# Viewer



## jlecuyer (Nov 18, 2009)

Hi,
Does someone know a kind of viewer for lotus 1-2-3 (*.wk4) files ?

Regards,


----------



## ahmorrow (May 5, 2009)

http://www.fileinfo.com/extension/wk4 said:


> Detailed information for file extension WK4:
> Primary association: 1-2-3
> Company: IBM
> File classification: Spreadsheet
> ...


That being said, yes I do. Gnumeric opens the files and it is available under the GPL license, meaning free/gratis.

Here's a download link.

http://download.cnet.com/Gnumeric/3000-2077_4-10968476.html


----------



## jlecuyer (Nov 18, 2009)

Thanks I gonna try it today


----------



## ahmorrow (May 5, 2009)

Let us know how it works out and if it does work could you mark this post as solved? It'd be a great help to everyone here--and of course people that use google.

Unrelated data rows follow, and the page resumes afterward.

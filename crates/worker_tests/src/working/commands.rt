//! Commands done and refused.

use super::{FixedClock, ONE_ANSWERED, Team, Trial, counts_of, entries_of, on_two_books, start};
use ilp_addr::Prefix;
use meters::Meters;
use one_list::Run;
use std::sync::Wait;
use std::test::Fail;
use tenant_core::{Answered, Command, CommandFault, Order, Period};
use workers::{GovernFault, NothingKept, Tools, govern, roll_if_ripe};

// The outcome of a command of acme's operator, which the meters have counted as answered.
fn governed<J: Run, R: Wait + AllocGlobal>(
    rt: &R,
    team: &mut Team<J>,
    command: &Command,
) -> Result<Result<Answered, GovernFault>, Fail> {
    let alloc = rt.alloc();
    let (books, share) = (&team.books, &mut team.first);
    if books.tenants() == 0 {
        return Err("a tenant".into());
    }
    let (meters, mut seat) = Meters::new(alloc, 1)?;
    let clock = FixedClock(start()?);
    let tools = Tools {
        rt,
        alloc,
        books,
        meters: &meters,
        clock: &clock,
        keeping: &NothingKept,
    };
    let answer = govern(&tools, &mut seat, share, 0, command);
    if counts_of(&meters.close(seat)) == ONE_ANSWERED {
        Ok(answer)
    } else {
        Err("a command that is answered".into())
    }
}

fn is_done(answer: &Result<Answered, GovernFault>) -> bool {
    matches!(answer, Ok(Answered::Done))
}

fn is_absent(answer: &Result<Answered, GovernFault>) -> bool {
    matches!(answer, Err(GovernFault::Refused(CommandFault::Absent)))
}

// How many rows the balances have.
fn balances<J: Run, R: Wait + AllocGlobal>(
    rt: &R,
    team: &mut Team<J>,
) -> Result<Option<usize>, Fail> {
    match governed(rt, team, &Command::Balances)? {
        Ok(Answered::Balances(rows)) => Ok(Some(rows.as_slice().len())),
        _ => Ok(None),
    }
}

/// The period that a roll closes.
pub(super) fn closed<J: Run, R: Wait + AllocGlobal>(
    rt: &R,
    team: &mut Team<J>,
) -> Result<Period, Fail> {
    match governed(rt, team, &Command::Roll)? {
        Ok(Answered::Rolled(period)) => Ok(period),
        _ => Err("a period".into()),
    }
}

/// A route is removed once, balances are asked for, and a period is closed.
struct Commands;

impl Trial for Commands {
    fn act<J: Run, R: Wait + AllocGlobal>(&self, rt: &R, mut team: Team<J>) -> Result<bool, Fail> {
        are_governed(rt, &mut team)
    }
}

fn are_governed<J: Run, R: Wait + AllocGlobal>(rt: &R, team: &mut Team<J>) -> Result<bool, Fail> {
    let is_removed = is_removed_once(rt, team)?;
    let balances = balances(rt, team)?;
    let is_one = balances == Some(2) && entries_of(&team.first) == Some(1);
    Ok(is_removed && is_one && closes_all(rt, team)?)
}

// Whether bob's route is removed, and is absent then.
fn is_removed_once<J: Run, R: Wait + AllocGlobal>(
    rt: &R,
    team: &mut Team<J>,
) -> Result<bool, Fail> {
    let prefix = Prefix::parse(rt.alloc(), b"g.acme.bob")?;
    let command = Command::Order(Order::RemoveRoute(prefix));
    let removed = governed(rt, team, &command)?;
    let is_one = entries_of(&team.first) == Some(1);
    let again = governed(rt, team, &command)?;
    Ok(is_done(&removed) && is_one && is_absent(&again))
}

// Whether the period that is closed has two balances, and that is the second entry.
fn closes_all<J: Run, R: Wait + AllocGlobal>(rt: &R, team: &mut Team<J>) -> Result<bool, Fail> {
    let period = closed(rt, team)?;
    Ok(period.len() == 2 && entries_of(&team.first) == Some(2))
}

#[test]
fn commands_are_done_and_refused(rt: HostRuntime) -> Result<(), Fail> {
    assert!(rt; on_two_books(&rt, "64", &Commands)?);
    Ok(())
}

/// A period of 8 entries at most, one of which is there, is closed at 12 hundredths and not at 13.
struct Ripeness;

impl Trial for Ripeness {
    fn act<J: Run, R: Wait + AllocGlobal>(&self, rt: &R, mut team: Team<J>) -> Result<bool, Fail> {
        let is_removed = is_removed_once(rt, &mut team)?;
        let is_unripe = looked_at(rt, &mut team, 13)?.is_none();
        let is_closed = looked_at(rt, &mut team, 12)? == Some(2);
        Ok(is_removed && is_unripe && is_closed && looked_at(rt, &mut team, 12)?.is_none())
    }
}

// How many entries acme's period has, with its roll, if it is closed at so many hundredths.
fn looked_at<J: Run, R: Wait + AllocGlobal>(
    rt: &R,
    team: &mut Team<J>,
    percent: u8,
) -> Result<Option<usize>, Fail> {
    if team.books.tenants() == 0 {
        return Err("a tenant".into());
    }
    let (meters, _seat) = Meters::new(rt.alloc(), 1)?;
    let tools = Tools {
        rt,
        alloc: rt.alloc(),
        books: &team.books,
        meters: &meters,
        clock: &FixedClock(start()?),
        keeping: &NothingKept,
    };
    match roll_if_ripe(&tools, &mut team.first, 0, percent) {
        Ok(Some(Answered::Rolled(period))) => Ok(Some(period.len())),
        Ok(None) => Ok(None),
        _ => Err("a look".into()),
    }
}

#[test]
fn a_period_is_closed_once_it_is_ripe(rt: HostRuntime) -> Result<(), Fail> {
    assert!(rt; on_two_books(&rt, "8", &Ripeness)?);
    Ok(())
}
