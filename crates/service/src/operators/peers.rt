//! What became of the packets of a tenant's running period, by peer, in the text format of Prometheus (version 0.0.4).

ghost use Rattle.std.specs.Prelude.{◌≡◌, ◌≤◌, ◌++◌, ℕ, OnOk};
ghost use Rattle.books_shared.specs.PeerOutcomes.{count_of_peer, peer_count, peer_numbers};
ghost use Rattle.books_shared.specs.declared.outcomes.PacketOutcome as said;
ghost use Rattle.service.specs.PeerMetrics.{HasPeers, count_line, counts_text, peer_label, peer_line, peer_lines, peers_head, peers_upto};

use crate::host::metrics::{all_outcomes, outcome_word, put_number};
use books_shared::{PacketOutcome, PeerPackets};
use common_types::Name;
use std::alloc::{AllocError, Global};
use tenant_core::{Book, PeerNo};

// The lines before the numbers.
fn head() -> &'static [u8]
    ensures { result.now ≡ peers_head }
{
    b"# HELP ilpd_peer_packets Packets of the running period, by what became of them and the peer that they count for.\n# TYPE ilpd_peer_packets gauge\n"
}

// Whose number it is.
#[tactic(auto, unfolding(crate::specs::PeerMetrics::peer_label))]
fn put_label(text: &mut Vec<u8>, tenant: &Name, peer: &[u8]) -> Result<(), AllocError>
    ensures { OnOk result (text.new.items ≡ text.old.items ++ peer_label tenant.now peer.now) }
{
    text.extend_from_slice(b"ilpd_peer_packets{tenant=\"")?;
    text.extend_from_slice(tenant.as_bytes())?;
    text.extend_from_slice(b"\",peer=\"")?;
    text.extend_from_slice(peer)?;
    text.extend_from_slice(b"\"")
}

// How many packets had an outcome and count for a peer, unless there are none.
#[tactic(auto, unfolding(crate::specs::PeerMetrics::count_line))]
fn put_line(
    alloc: Global,
    text: &mut Vec<u8>,
    tenant: &Name,
    peer: &[u8],
    outcome: PacketOutcome,
    number: u64,
) -> Result<(), AllocError>
    ensures { OnOk result (text.new.items ≡ text.old.items ++ peer_line tenant.now peer.now outcome number) }
{
    if number == 0 {
        return Ok(());
    }
    put_label(text, tenant, peer)?;
    text.extend_from_slice(b",outcome=\"")?;
    text.extend_from_slice(outcome_word(outcome))?;
    text.extend_from_slice(b"\"}")?;
    put_number(alloc, text, number)
}

// The lines of a peer of that name.
fn put_counts(
    alloc: Global,
    text: &mut Vec<u8>,
    tenant: &Name,
    name: &[u8],
    packets: &PeerPackets,
    peer: PeerNo,
) -> Result<(), AllocError>
    ensures { OnOk result (text.new.items ≡ text.old.items ++ counts_text tenant.now name.now (count_of_peer packets.now peer)) }
{
    for outcome in all_outcomes() {
        put_line(
            alloc,
            text,
            tenant,
            name,
            outcome,
            packets.get(peer, outcome),
        )?;
    }
    Ok(())
}

// The lines of the peer of that number, if there is one.
fn put_peer(
    alloc: Global,
    text: &mut Vec<u8>,
    tenant: &Name,
    book: &Book,
    packets: &PeerPackets,
    peer: PeerNo,
) -> Result<(), AllocError>
    requires { (o : said.PacketOutcome) → count_of_peer packets.now peer o ≡ peer_count book.now peer o }
    ensures { OnOk result (text.new.items ≡ text.old.items ++ peer_lines tenant.now book.now peer) }
{
    match book.peer_name(peer) {
        Some(name) => put_counts(alloc, text, tenant, name, packets, peer),
        None => Ok(()),
    }
}

// The lines of the peers below a number, in the order of their numbers.
fn put_upto(
    alloc: Global,
    text: &mut Vec<u8>,
    tenant: &Name,
    book: &Book,
    packets: &PeerPackets,
    bound: usize,
) -> Result<(), AllocError>
    requires counts { (n : ℕ) (o : said.PacketOutcome) → count_of_peer packets.now n o ≡ peer_count book.now n o }
    requires few { bound ≤ peer_numbers }
    ensures { OnOk result (text.new.items ≡ text.old.items ++ peers_upto tenant.now book.now bound) }
{
    for peer in 0..bound {
        put_peer(alloc, text, tenant, book, packets, peer as PeerNo)?;
    }
    Ok(())
}

/// Adds how many packets of a book's running period had which outcome, for each peer that they count for. Fails only if it is out
/// of memory.
pub fn put_peers(
    alloc: Global,
    text: &mut Vec<u8>,
    tenant: &Name,
    book: &Book,
) -> Result<(), AllocError>
    ensures { OnOk result (HasPeers tenant.now book.now text.old.items text.new.items) }
{
    let packets = PeerPackets::of(alloc, book)?;
    text.extend_from_slice(head())?;
    put_upto(alloc, text, tenant, book, &packets, packets.bound())
}
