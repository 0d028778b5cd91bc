//! Setups, what is said of bad ones, which keys are ignored, setups that are written again, and the text of commands.

mod changes;
mod commands;
mod ignored_keys;
mod limits;
mod notes;
mod texts;
mod words;
mod written;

Just go up to your original post, go to "Thread Tools" and then "Mark Post as Solved"


----------



## jlecuyer (Nov 18, 2009)

That link isn't gnumeric it's gnumeric debug....

Thanks


----------



## ahmorrow (May 5, 2009)

This should work. If it doesn't, try searching google: "gnumeric for windows" without the quotes. I'd try installing it myself, but it's an exe and for me all I really have to do is use my synaptic package manager.



http://projects.gnome.org/gnumeric/downloads.shtml said:


> http://www.gnome.org/~jody/gnumeric/win32/gnumeric-1.9.12-20090902-debug.exe


----------



## jlecuyer (Nov 18, 2009)

yah it's worked finaly, but my files are all mixed up when I open then in gnumeric


----------



## ahmorrow (May 5, 2009)

Have you tried opening them in excel? http://www.openoffice.org has a free office suit that comes with a rather well done excel clone.


----------



## Squashman (Apr 14, 2005)

I would think they would open in Lotus Symphony.
http://symphony.lotus.com/software/lotus/symphony/home.nsf/home


----------